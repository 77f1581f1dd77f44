//! The form of a line: the step that its words describe.

ghost use Rattle.std.specs.Prelude.{◌≡◌, ◌<◌, [], IfOk, length, map, option_map};
ghost use Rattle.schedule_text.specs.Forms.{feed_form, form_of, form_of_line, form_view, lose, name_once, only, only_worker, other_form, pair_view, pairs_of, round_form, task_of, task_of_parts};
ghost use Rattle.schedule_text.specs.Forms.Form.{lose};

use crate::words::{count_of, has_empty, is_number, is_text, is_utf8, words_of, worker_of};
use memchr::memchr;
use std::alloc::{AllocError, Global};
use std::collections::BTreeSet;

/// A topic, and how many records of its file to feed.
#[derive(Drop)]
pub(crate) struct Pair<'a> {
    pub(crate) topic: &'a [u8],
    pub(crate) n: u64,
}

/// A step as written: topics by name, and a task by its digits.
#[derive(Drop)]
pub(crate) enum Form<'a> {
    FeedAll,
    Feed(Vec<Pair<'a>>),
    Round(Option<u32>),
    Start(u32),
    Stop(u32),
    Lose { sub: &'a [u8], part: &'a [u8] },
    Drain,
}

/// The form of a line, or None if it isn't UTF-8, if its words aren't separated by single blanks, or if they have no
/// form.
pub(crate) fn form_of_line<'a>(
    alloc: Global,
    line: &'a [u8],
) -> Result<Option<Form<'a>>, AllocError>
    ensures { IfOk result (λ form. option_map form_view form ≡ form_of_line line.now) }
{
    if !is_utf8(line) {
        return Ok(None);
    }
    let words = words_of(alloc, line)?;
    if has_empty(words.as_slice()) {
        return Ok(None);
    }
    form_of(alloc, words.as_slice())
}

/// The form of words, or None if they have none.
fn form_of<'a>(alloc: Global, words: &[&'a [u8]]) -> Result<Option<Form<'a>>, AllocError>
    ensures { IfOk result (λ form. option_map form_view form ≡ form_of (map (λ word. word.now) words.now)) }
{
    let Some((word, more)) = words.split_first() else {
        return Ok(None);
    };
    if is_text(word, "feed") {
        return feed_form(alloc, more);
    }
    if is_text(word, "round") {
        return Ok(round_form(more));
    }
    Ok(other_form(word, more))
}

/// The form of a word and the words after it, if the word is neither `feed` nor `round`.
fn other_form<'a>(word: &[u8], more: &[&'a [u8]]) -> Option<Form<'a>>
    ensures { option_map form_view result ≡ other_form word.now (map (λ word. word.now) more.now) }
{
    if is_text(word, "start") {
        return Some(Form::Start(only_worker(more)?));
    }
    if is_text(word, "stop") {
        return Some(Form::Stop(only_worker(more)?));
    }
    if is_text(word, "lose") {
        return lose_form(only(more)?);
    }
    if is_text(word, "drain") && more.is_empty() {
        return Some(Form::Drain);
    }
    None
}

/// The round after the word `round`: nothing, or `lose` and a worker.
fn round_form<'a>(words: &[&[u8]]) -> Option<Form<'a>>
    ensures { option_map form_view result ≡ round_form (map (λ word. word.now) words.now) }
{
    let Some((word, more)) = words.split_first() else {
        return Some(Form::Round(None));
    };
    if is_text(word, "lose") {
        return Some(Form::Round(Some(only_worker(more)?)));
    }
    None
}

/// The loss of the task that a word names: digits, `_` and digits.
fn lose_form(word: &[u8]) -> Option<Form<'_>>
    ensures { option_map form_view result ≡ option_map lose (task_of word.now) }
{
    let at = memchr(b'_', word)?;
    lose_parts(&word[..at], &word[at + 1..])
}

/// The loss of the task with these two numbers.
fn lose_parts<'a>(sub: &'a [u8], part: &'a [u8]) -> Option<Form<'a>>
    ensures { option_map form_view result ≡ option_map lose (task_of_parts sub.now part.now) }
{
    if is_number(sub) && is_number(part) {
        Some(Form::Lose { sub, part })
    } else {
        None
    }
}

/// The worker that the only word names.
fn only_worker(words: &[&[u8]]) -> Option<u32>
    ensures { result ≡ only_worker (map (λ word. word.now) words.now) }
{
    worker_of(only(words)?)
}

/// The only word, or None if there are none or several.
fn only<'a>(words: &[&'a [u8]]) -> Option<&'a [u8]>
    ensures { option_map (λ word. word.now) result ≡ only (map (λ word. word.now) words.now) }
{
    match words {
        [word] => Some(word),
        _ => None,
    }
}

/// The feed after the word `feed`: `all`, or one or more pairs.
fn feed_form<'a>(alloc: Global, words: &[&'a [u8]]) -> Result<Option<Form<'a>>, AllocError>
    ensures { IfOk result (λ form. option_map form_view form ≡ feed_form (map (λ word. word.now) words.now)) }
{
    if words.len() < 2 {
        return Ok(all_form(words));
    }
    let Some(pairs) = pairs_of(alloc, words)? else {
        return Ok(None);
    };
    if name_once(alloc, pairs.as_slice())? {
        Ok(Some(Form::Feed(pairs)))
    } else {
        Ok(None)
    }
}

/// The feed of all remaining records, if the only word is `all`.
fn all_form<'a>(words: &[&[u8]]) -> Option<Form<'a>>
    requires { length words.now < 2 }
    ensures { option_map form_view result ≡ feed_form (map (λ word. word.now) words.now) }
{
    if is_text(only(words)?, "all") {
        Some(Form::FeedAll)
    } else {
        None
    }
}

/// The pairs that words spell, or None if a count is no count or a topic has no count.
fn pairs_of<'a>(alloc: Global, words: &[&'a [u8]]) -> Result<Option<Vec<Pair<'a>>>, AllocError>
    ensures { IfOk result (λ pairs. option_map (λ pairs. map pair_view pairs.items) pairs ≡ pairs_of (map (λ word. word.now) words.now)) }
{
    let mut pairs = Vec::new(alloc);
    let mut rest = words;
    while let [topic, count, more @ ..] = rest {
        let Some(n) = count_of(count) else {
            return Ok(None);
        };
        pairs.push(Pair { topic, n })?;
        rest = more;
    }
    if rest.is_empty() {
        Ok(Some(pairs))
    } else {
        Ok(None)
    }
}

/// Whether the pairs name each topic at most once.
fn name_once(alloc: Global, pairs: &[Pair]) -> Result<bool, AllocError>
    ensures { IfOk result (λ once. once ≡ name_once [] (map pair_view pairs.now)) }
{
    let mut topics = BTreeSet::new(alloc);
    for pair in pairs {
        if !topics.insert(pair.topic)? {
            return Ok(false);
        }
    }
    Ok(true)
}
· · · · ·
In the listing above, find the line holding "worker_of(only(words)?)" and the line holding "while let [topic, count, more", then output those two lines and every line between them exactly.

**EXPECTED OUTPUT**
    worker_of(only(words)?)
}

/// The only word, or None if there are none or several.
fn only<'a>(words: &[&'a [u8]]) -> Option<&'a [u8]>
    ensures { option_map (λ word. word.now) result ≡ only (map (λ word. word.now) words.now) }
{
    match words {
        [word] => Some(word),
        _ => None,
    }
}

/// The feed after the word `feed`: `all`, or one or more pairs.
fn feed_form<'a>(alloc: Global, words: &[&'a [u8]]) -> Result<Option<Form<'a>>, AllocError>
    ensures { IfOk result (λ form. option_map form_view form ≡ feed_form (map (λ word. word.now) words.now)) }
{
    if words.len() < 2 {
        return Ok(all_form(words));
    }
    let Some(pairs) = pairs_of(alloc, words)? else {
        return Ok(None);
    };
    if name_once(alloc, pairs.as_slice())? {
        Ok(Some(Form::Feed(pairs)))
    } else {
        Ok(None)
    }
}

/// The feed of all remaining records, if the only word is `all`.
fn all_form<'a>(words: &[&[u8]]) -> Option<Form<'a>>
    requires { length words.now < 2 }
    ensures { option_map form_view result ≡ feed_form (map (λ word. word.now) words.now) }
{
    if is_text(only(words)?, "all") {
        Some(Form::FeedAll)
    } else {
        None
    }
}

/// The pairs that words spell, or None if a count is no count or a topic has no count.
fn pairs_of<'a>(alloc: Global, words: &[&'a [u8]]) -> Result<Option<Vec<Pair<'a>>>, AllocError>
    ensures { IfOk result (λ pairs. option_map (λ pairs. map pair_view pairs.items) pairs ≡ pairs_of (map (λ word. word.now) words.now)) }
{
    let mut pairs = Vec::new(alloc);
    let mut rest = words;
    while let [topic, count, more @ ..] = rest {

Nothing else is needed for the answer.